*AIM OF THE TASK*
All entries must be set down once more, precisely as given.

*RECORDS FOR THIS TASK*

// How clients read from disk: the store of a file is lent, read by, and given back.
ghost use Rattle.std.specs.Prelude.{◌≡◌, ◌<◌, length, slice_index_or, IsTrue, false, true};
ghost use Rattle.pfc_core.specs.View.{CoreView};
ghost use Rattle.pfc_actor.specs.Backings.{BackingView, IsOpen};
ghost use Rattle.pfc_actor.specs.Clients.{ClientView};
ghost use Rattle.pfc_actor.specs.Stages.{Here};
ghost use Rattle.pfc_scene.specs.Scenes.{Moves};

use crate::scene::Scene;
use pfc_actor::Standing;
use pfc_world::{Depot, Origin, World};

impl<W: World, O: Origin<W>, P: Depot<W>> Scene<W, O, P> {
    /// Lends the store of the core at this place. It tells whether it did.
    pub(crate) fn lend(&mut self, i: usize) -> bool
        requires { i < length self.old.cores }
        ensures moves { Moves self.old self.new }
        ensures clients { self.new.clients ≡ self.old.clients }
        ensures cores { length self.new.cores ≡ length self.old.cores }
        ensures jobs { (self.new.jobs ≡ self.old.jobs) × (self.new.writers ≡ self.old.writers) }
    {
        let lent = self.backings[i].lend(&mut self.cores[i]);
        self.cores[i].own();
        lent
    }

    /// Gives the loan of the core at this place back. It tells whether the core took it.
    pub(crate) fn give(&mut self, i: usize) -> bool
        requires { i < length self.old.cores }
        ensures moves { Moves self.old self.new }
        ensures clients { self.new.clients ≡ self.old.clients }
        ensures here { (e : CoreView) → (slice_index_or self.new.cores i e).instance ≡ i }
        ensures cores { length self.new.cores ≡ length self.old.cores }
        ensures jobs { (self.new.jobs ≡ self.old.jobs) × (self.new.writers ≡ self.old.writers) }
        ensures back { IsTrue result → (e : BackingView) → IsOpen (slice_index_or self.new.backings i e).stand }
        ensures backings { length self.new.backings ≡ length self.old.backings }
    {
        let given = self.backings[i].give(&mut self.cores[i]);
        self.cores[i].own();
        given
    }

    /// The client at this place has the store that it wants.
    fn borrow(&mut self, j: usize)
        requires { j < length self.old.clients }
        ensures { Moves self.old self.new }
    {
        self.clients[j].borrow();
    }

    /// The client at this place, which wants the store of the core at that, has it lent where it is at home. Where there is none,
    /// the part is left for the origin.
    pub(crate) fn lend_at(&mut self, j: usize, i: usize)
        requires j { j < length self.old.clients }
        requires i { i < length self.old.cores }
        ensures { Moves self.old self.new }
    {
        match self.backings[i].standing() {
            Standing::Lent => (),
            Standing::Open => {
                if self.lend(i) {
                    self.borrow(j);
                }
            }
            _ => self.clients[j].refuse(),
        }
    }

    /// The client at this place reads by the loan of the core at that.
    pub(crate) fn read_at(&mut self, j: usize, i: usize)
        requires told { IsTrue W.told → IsTrue P.Data.told }
        requires j { j < length self.old.clients }
        requires i { i < length self.old.cores }
        ensures { Moves self.old self.new }
    {
        self.backings[i].read(&mut self.clients[j]);
    }

    /// The client at this place, which gave the store of the core at that back, goes on.
    fn returned(&mut self, j: usize, i: usize)
        requires j { j < length self.old.clients }
        requires i { i < length self.old.cores }
        requires here { (d : ClientView) (e : CoreView) → Here (slice_index_or self.old.clients j d).book (slice_index_or self.old.clients j d).stage (slice_index_or self.old.cores i e) }
        ensures { Moves self.old self.new }
    {
        self.clients[j].returned(&mut self.cores[i]);
        self.cores[i].own();
    }

    /// The client at this place gives the store of the core at that back.
    pub(crate) fn return_at(&mut self, j: usize, i: usize)
        requires j { j < length self.old.clients }
        requires i { i < length self.old.cores }
        requires here { (d : ClientView) (e : CoreView) → e.instance ≡ i → Here (slice_index_or self.old.clients j d).book (slice_index_or self.old.clients j d).stage e }
        ensures { Moves self.old self.new }
    {
        if self.give(i) {
            self.returned(j, i);
        }
    }

    /// The client at this place leaves its part, of a block of the core at that, for the origin, where a failed call stands for it.
    pub(crate) fn leave_at(&mut self, j: usize, i: usize)
        requires j { j < length self.old.clients }
        requires i { i < length self.old.cores }
        requires here { (d : ClientView) (e : CoreView) → Here (slice_index_or self.old.clients j d).book (slice_index_or self.old.clients j d).stage (slice_index_or self.old.cores i e) }
        ensures { Moves self.old self.new }
    {
        let Some(block) = self.clients[j].leaving() else {
            return;
        };
        if self.backings[i].allows(&self.cores[i], block) {
            self.clients[j].leave_at(&mut self.cores[i]);
            self.cores[i].own();
        }
    }
}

*COMPLETED TASK*
// How clients read from disk: the store of a file is lent, read by, and given back.
ghost use Rattle.std.specs.Prelude.{◌≡◌, ◌<◌, length, slice_index_or, IsTrue, false, true};
ghost use Rattle.pfc_core.specs.View.{CoreView};
ghost use Rattle.pfc_actor.specs.Backings.{BackingView, IsOpen};
ghost use Rattle.pfc_actor.specs.Clients.{ClientView};
ghost use Rattle.pfc_actor.specs.Stages.{Here};
ghost use Rattle.pfc_scene.specs.Scenes.{Moves};

use crate::scene::Scene;
use pfc_actor::Standing;
use pfc_world::{Depot, Origin, World};

impl<W: World, O: Origin<W>, P: Depot<W>> Scene<W, O, P> {
    /// Lends the store of the core at this place. It tells whether it did.
    pub(crate) fn lend(&mut self, i: usize) -> bool
        requires { i < length self.old.cores }
        ensures moves { Moves self.old self.new }
        ensures clients { self.new.clients ≡ self.old.clients }
        ensures cores { length self.new.cores ≡ length self.old.cores }
        ensures jobs { (self.new.jobs ≡ self.old.jobs) × (self.new.writers ≡ self.old.writers) }
    {
        let lent = self.backings[i].lend(&mut self.cores[i]);
        self.cores[i].own();
        lent
    }

    /// Gives the loan of the core at this place back. It tells whether the core took it.
    pub(crate) fn give(&mut self, i: usize) -> bool
        requires { i < length self.old.cores }
        ensures moves { Moves self.old self.new }
        ensures clients { self.new.clients ≡ self.old.clients }
        ensures here { (e : CoreView) → (slice_index_or self.new.cores i e).instance ≡ i }
        ensures cores { length self.new.cores ≡ length self.old.cores }
        ensures jobs { (self.new.jobs ≡ self.old.jobs) × (self.new.writers ≡ self.old.writers) }
        ensures back { IsTrue result → (e : BackingView) → IsOpen (slice_index_or self.new.backings i e).stand }
        ensures backings { length self.new.backings ≡ length self.old.backings }
    {
        let given = self.backings[i].give(&mut self.cores[i]);
        self.cores[i].own();
        given
    }

    /// The client at this place has the store that it wants.
    fn borrow(&mut self, j: usize)
        requires { j < length self.old.clients }
        ensures { Moves self.old self.new }
    {
        self.clients[j].borrow();
    }

    /// The client at this place, which wants the store of the core at that, has it lent where it is at home. Where there is none,
    /// the part is left for the origin.
    pub(crate) fn lend_at(&mut self, j: usize, i: usize)
        requires j { j < length self.old.clients }
        requires i { i < length self.old.cores }
        ensures { Moves self.old self.new }
    {
        match self.backings[i].standing() {
            Standing::Lent => (),
            Standing::Open => {
                if self.lend(i) {
                    self.borrow(j);
                }
            }
            _ => self.clients[j].refuse(),
        }
    }

    /// The client at this place reads by the loan of the core at that.
    pub(crate) fn read_at(&mut self, j: usize, i: usize)
        requires told { IsTrue W.told → IsTrue P.Data.told }
        requires j { j < length self.old.clients }
        requires i { i < length self.old.cores }
        ensures { Moves self.old self.new }
    {
        self.backings[i].read(&mut self.clients[j]);
    }

    /// The client at this place, which gave the store of the core at that back, goes on.
    fn returned(&mut self, j: usize, i: usize)
        requires j { j < length self.old.clients }
        requires i { i < length self.old.cores }
        requires here { (d : ClientView) (e : CoreView) → Here (slice_index_or self.old.clients j d).book (slice_index_or self.old.clients j d).stage (slice_index_or self.old.cores i e) }
        ensures { Moves self.old self.new }
    {
        self.clients[j].returned(&mut self.cores[i]);
        self.cores[i].own();
    }

    /// The client at this place gives the store of the core at that back.
    pub(crate) fn return_at(&mut self, j: usize, i: usize)
        requires j { j < length self.old.clients }
        requires i { i < length self.old.cores }
        requires here { (d : ClientView) (e : CoreView) → e.instance ≡ i → Here (slice_index_or self.old.clients j d).book (slice_index_or self.old.clients j d).stage e }
        ensures { Moves self.old self.new }
    {
        if self.give(i) {
            self.returned(j, i);
        }
    }

    /// The client at this place leaves its part, of a block of the core at that, for the origin, where a failed call stands for it.
    pub(crate) fn leave_at(&mut self, j: usize, i: usize)
        requires j { j < length self.old.clients }
        requires i { i < length self.old.cores }
        requires here { (d : ClientView) (e : CoreView) → Here (slice_index_or self.old.clients j d).book (slice_index_or self.old.clients j d).stage (slice_index_or self.old.cores i e) }
        ensures { Moves self.old self.new }
    {
        let Some(block) = self.clients[j].leaving() else {
            return;
        };
        if self.backings[i].allows(&self.cores[i], block) {
            self.clients[j].leave_at(&mut self.cores[i]);
            self.cores[i].own();
        }
    }
}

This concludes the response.